$500 million indoor sport and aquatics centre to open in Christchurch next month


$500 million indoor sport and aquatics centre to open in Christchurch next month

The country's biggest indoor sport and aquatics centre will open to the public in Christchurch next month.

People will be able to whizz down a hydroslide, shoot some hoops or relax in a sauna at Parakiore on Moorhouse Avenue from 5.30am on 17 December.

Christchurch mayor Phil Mauger said the Crown officially handed Parakiore to the city council on 31 October, followed by a fit-out, testing and commissioning process.

"It's certainly been a long road but I know the whole team is thrilled to be preparing for the first event, and then opening the doors to the public," he said.

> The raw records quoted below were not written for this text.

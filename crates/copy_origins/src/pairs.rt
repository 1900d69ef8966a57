ghost use Rattle.std.specs.Prelude.{◌≡◌, MatchOption, IfOk};
ghost use Rattle.copy_origins.specs.Reads as spec;

use crate::sign::{Sign, is};
use std::alloc::Global;
use y2k_base::{Bytes, List, Memory, Twin, Word};

/// Words, and those that come in their place.
#[derive(Debug)]
pub struct Pair {
    pub old: List<Word>,
    pub new: List<Word>,
}

/// What a COPY statement asks for: the book with the key, and the pairs of REPLACING.
#[derive(Debug)]
pub struct Order {
    pub key: Bytes,
    pub pairs: List<Pair>,
}

impl Drop for Pair {
    fn drop(self) {
        let Pair {
            old: _old,
            new: _new,
        } = self;
    }
}

impl Drop for Order {
    fn drop(self) {
        let Order {
            key: _key,
            pairs: _pairs,
        } = self;
    }
}

/// The words before the first mark of pseudo-text, and those after it.
fn until(words: &[Word]) -> Option<(&[Word], &[Word])>
    ensures { MatchOption result (spec.until words.now ≡ None) (λ r. spec.until words.now ≡ Some (r.0.now, r.1.now)) }
{
    for i in 0..words.len() {
        if is(Sign::Double, &words[i]) {
            return Some((&words[..i], &words[i..][1..]));
        }
    }
    None
}

/// The words of a name, or of pseudo-text between its marks, and those after it.
fn side(words: &[Word]) -> Option<(&[Word], &[Word])>
    ensures { MatchOption result (spec.side_at words.now ≡ None) (λ r. spec.side_at words.now ≡ Some (r.0.now, r.1.now)) }
{
    match words {
        [] => None,
        [first, more @ ..] => {
            if is(Sign::Double, first) {
                return until(more);
            }
            if is(Sign::Name, first) {
                return Some((&words[..1], more));
            }
            None
        }
    }
}

/// The pair of `old` with what comes after BY, and the words after it.
fn after_old<'a>(old: &'a [Word], words: &'a [Word]) -> Option<(&'a [Word], &'a [Word], &'a [Word])>
    ensures { MatchOption result (spec.after_old old.now words.now ≡ None) (λ r. spec.after_old old.now words.now ≡ Some (r.0.now, r.1.now, r.2.now)) }
{
    let [_, ..] = old else {
        return None;
    };
    let [by, more @ ..] = words else {
        return None;
    };
    if !is(Sign::By, by) {
        return None;
    }
    match side(more) {
        None => None,
        Some((new, rest)) => Some((old, new, rest)),
    }
}

/// A pair at the front of the words: old, new, and the words after them.
pub fn pair_at(words: &[Word]) -> Option<(&[Word], &[Word], &[Word])>
    ensures { MatchOption result (spec.pair_at words.now ≡ None) (λ r. spec.pair_at words.now ≡ Some (r.0.now, r.1.now, r.2.now)) }
{
    match side(words) {
        None => None,
        Some((old, more)) => after_old(old, more),
    }
}

/// Words equal to these.
fn copied(alloc: Global, words: &[Word]) -> Result<List<Word>, Memory>
    ensures { IfOk result (λ copy. copy ≡ words.now) }
{
    let mut copy = List::new(alloc);
    for word in words {
        copy.push(word.twin(alloc)?)?;
    }
    Ok(copy)
}

fn pair_of(alloc: Global, old: &[Word], new: &[Word]) -> Result<Pair, Memory>
    ensures { IfOk result (λ pair. pair ≡ record { old = old.now; new = new.now }) }
{
    Ok(Pair {
        old: copied(alloc, old)?,
        new: copied(alloc, new)?,
    })
}

/// The pairs at the front of the words, and the words after them.
pub fn pairs(alloc: Global, words: &[Word]) -> Result<(List<Pair>, &[Word]), Memory>
    ensures { IfOk result (λ r. spec.IsRun words.now r.0 r.1.now) }
{
    let mut list = List::new(alloc);
    let mut rest = words;
    while let Some((old, new, more)) = pair_at(rest) {
        list.push(pair_of(alloc, old, new)?)?;
        rest = more;
    }
    Ok((list, rest))
}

A formal ceremony will take place on 9 December before Parakiore hosts swimming and basketball competitions for the Special Olympics National Summer Games from 10-14 December, Mauger said.

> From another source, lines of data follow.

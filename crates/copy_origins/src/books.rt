ghost use Rattle.std.specs.Prelude.{◌≡◌, ◌≤◌, length, true, MatchOption, IfOk};
ghost use Rattle.copy_origins.specs.Keys as keys;
ghost use Rattle.copy_origins.specs.Keys.{IsPoint};
ghost use Rattle.copy_origins.specs.Expansion as spec;

use crate::sign::is_copy;
use std::alloc::Global;
use std::convert::From;
use y2k_base::{Bytes, List, Memory, Origin, Twin, Word};

/// A copybook, with the words that it is read as. A program names it by its key.
#[derive(Debug)]
pub struct Book {
    pub key: Bytes,
    pub words: List<Word>,
}

/// The copybooks of a portfolio.
#[derive(Debug, Drop)]
pub struct Books {
    pub list: List<Book>,
}

/// Words in which each COPY statement is replaced.
#[derive(Debug, Drop)]
pub struct Expanded {
    pub words: List<Word>,
}

/// Why words have no expansion, with the place of the word COPY of the first statement at fault.
#[derive(Clone, Copy, Debug, PartialEq, Eq)]
pub enum CopyFault {
    /// The word begins no COPY statement.
    CopyShape(Origin),
    /// No book has the key.
    CopyMissing(Origin),
    /// The book holds a COPY itself.
    NestedCopy(Origin),
    /// No memory was left.
    Memory,
}

impl From<Memory> for CopyFault {
    ghost use Rattle.copy_origins.specs.declared.books.CopyFault.TheVariants as fault;

    ghost from_gives = { λ _ e. e ≡ fault.Memory };

    fn from(_: Memory) -> CopyFault {
        CopyFault::Memory
    }
}

impl Drop for Book {
    fn drop(self) {
        let Book {
            key: _key,
            words: _words,
        } = self;
    }
}

impl Twin for Book {
    fn twin(&self, alloc: Global) -> Result<Book, Memory> {
        Ok(Book {
            key: self.key.twin(alloc)?,
            words: self.words.twin(alloc)?,
        })
    }
}

impl Twin for Books {
    fn twin(&self, alloc: Global) -> Result<Books, Memory> {
        Ok(Books {
            list: self.list.twin(alloc)?,
        })
    }
}

impl Twin for Expanded {
    fn twin(&self, alloc: Global) -> Result<Expanded, Memory> {
        Ok(Expanded {
            words: self.words.twin(alloc)?,
        })
    }
}

/// Whether no book stands before one of a lesser key.
pub fn are_in_order(books: &[Book]) -> bool
    ensures { result ≡ spec.are_in_order books.now }
{
    let mut rest = books;
    while let [book, more @ ..] = rest {
        if !is_in_order(book, more) {
            return false;
        }
        rest = more;
    }
    true
}

/// Whether a book's key is no greater than that of the next one.
fn is_in_order(book: &Book, more: &[Book]) -> bool
    ensures { result ≡ keys.is_in_order spec.key_of book.now more.now }
{
    match more {
        [] => true,
        [next, ..] => book.key.items().cmp(next.key.items()).is_le(),
    }
}

/// The first book with the key. Where the books are in order it is searched by halves.
pub fn book_with<'a>(key: &[u8], books: &'a [Book], ordered: bool) -> Option<&'a Book>
    requires { ordered ≡ true → spec.are_in_order books.now ≡ true }
    ensures { MatchOption result (spec.book_with key.now books.now ≡ None) (λ b. spec.book_with key.now books.now ≡ Some b.now) }
{
    if ordered {
        book_by_halves(key, books)
    } else {
        first_book(key, books)
    }
}

/// The first book with the key among books in order.
fn book_by_halves<'a>(key: &[u8], books: &'a [Book]) -> Option<&'a Book>
    requires { spec.are_in_order books.now ≡ true }
    ensures { MatchOption result (spec.book_with key.now books.now ≡ None) (λ b. spec.book_with key.now books.now ≡ Some b.now) }
{
    let place = first_not_before(key, books);
    if place == books.len() {
        return None;
    }
    if books[place].key.items() == key {
        Some(&books[place])
    } else {
        None
    }
}

/// The place of the first book whose key isn't less, among books in order; past the last one where all are less.
fn first_not_before(key: &[u8], books: &[Book]) -> usize
    requires { spec.are_in_order books.now ≡ true }
    ensures bound { result ≤ length books.now }
    ensures place { IsPoint spec.key_of books.now key.now result }
{
    let mut low = 0;
    let mut high = books.len();
    while low < high {
        let middle = low + (high - low) / 2;
        if is_before(&books[middle], key) {
            low = middle + 1;
        } else {
            high = middle;
        }
    }
    low
}

/// Whether the book's key is less than this one.
fn is_before(book: &Book, key: &[u8]) -> bool
    ensures { result ≡ keys.is_before spec.key_of key.now book.now }
{
    book.key.items().cmp(key).is_lt()
}

/// The first book with the key among any books.
fn first_book<'a>(key: &[u8], books: &'a [Book]) -> Option<&'a Book>
    ensures { MatchOption result (spec.book_with key.now books.now ≡ None) (λ b. spec.book_with key.now books.now ≡ Some b.now) }
{
    let mut rest = books;
    while let [book, more @ ..] = rest {
        if book.key.items() == key {
            return Some(book);
        }
        rest = more;
    }
    None
}

/// Whether a word COPY stands among the words.
pub fn holds_copy(words: &[Word]) -> bool
    ensures { result ≡ spec.holds_copy words.now }
{
    let mut rest = words;
    while let [word, more @ ..] = rest {
        if is_copy(word) {
            return true;
        }
        rest = more;
    }
    false
}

"It's fitting that such a fantastic event will be the first to make use of the new world-class facility.

"Once we've packed up the Special Olympics and made sure everything is shipshape, the gym, pools, hydroslides and community courts will all be open for public use."

At 32,000 square metres, the centre boasts a 50 metre competition pool, dive pool, five hydroslides, a large recreational pool and a sensory aqua centre as well as nine indoor courts, fitness studios and a High Performance Sport New Zealand training base.

Parakiore was built by Crown Infrastructure Delivery and is now owned and operated by the council. The project was plagued by a litany of problems including construction headaches, unfavourable ground conditions, cost blow-outs and legal wrangling.

The cost of Parakiore was expected to reach about $500 million, more than double the sum originally forecast.

The city council's contribution to the project was capped at $147m.

Considered one of the city's main post-quake anchor projects, the centre was originally expected to be completed in 2016 but a $75m budget blow-out saw a deal with a preferred contractor axed by the government, with the project later handed over to Crown-led project managers.

The delivery agency originally known as Ōtākaro Limited has had two re-brands over the course of construction, changing to Rau Paenga in 2023 and then Crown Infrastructure Delivery.

Construction finally began in 2018 with a revised completion date of October 2021 that was again revised to late-2023 because of logistical difficulties caused by the Covid-19 pandemic.